WHAT IS REQUIRED>
Report each line below that carries the word "usize".

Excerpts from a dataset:
^^^^

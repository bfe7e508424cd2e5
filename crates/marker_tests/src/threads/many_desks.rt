//! Many desks, each on its own thread, that do jobs on the same lines.

use super::driving::{Task, on_threads};
use super::ending::check_end;
use crate::fixtures::{example, open_fabric};
use std::alloc::Global;
use std::process::Abort;
use std::thread::Threads;
use test_tools::{check, check_eq};
use xbar_fabric::Kind;
use xbar_office::End;
use xbar_plan::Plan;

/// The numbers of desks and of jobs per desk, and the seed of the generator that chooses the jobs.
const RUNS: [(usize, u32, u64); 6] = [
    (8, 300, 1),
    (8, 300, 2),
    (8, 300, 3),
    (8, 300, 4),
    (8, 300, 5),
    (48, 40, 7),
];

/// Has the desks do their jobs and shuts them, and checks that their records are one history.
fn check_desks<R: Threads + Sync + Abort>(
    rt: &R,
    alloc: Global,
    plan: &Plan,
    kinds: &[Kind],
    jobs: u32,
    seed: u64,
) {
    let (fabric, desks) = open_fabric(rt, alloc, plan, kinds);
    let shifts = on_threads(rt, alloc, &fabric, desks, Task::Jobs(jobs, seed));
    let records = check_end(rt, alloc, plan, fabric, shifts);
    let wanted = kinds.len().saturating_mul(jobs as usize);
    check_eq!(rt; records.len(), wanted, "{} desks, seed {seed}", kinds.len());
    let mut ends = records.iter().map(|record| record.reply.end);
    let is_connected = ends.any(|end| matches!(end, End::Connected { .. }));
    check!(rt; is_connected, "{} desks, seed {seed}", kinds.len());
}

#[test]
fn threads_are_one_history(rt: HostRuntime) {
    let plan = example(&rt, rt.alloc());
    for (desks, jobs, seed) in RUNS {
        let kinds = [Kind::Combined; 48];
        assert!(rt; desks <= 48);
        check_desks(&rt, rt.alloc(), &plan, &kinds[..desks], jobs, seed);
    }
}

^^^^

RESULT>
const RUNS: [(usize, u32, u64); 6] = [
    let wanted = kinds.len().saturating_mul(jobs as usize);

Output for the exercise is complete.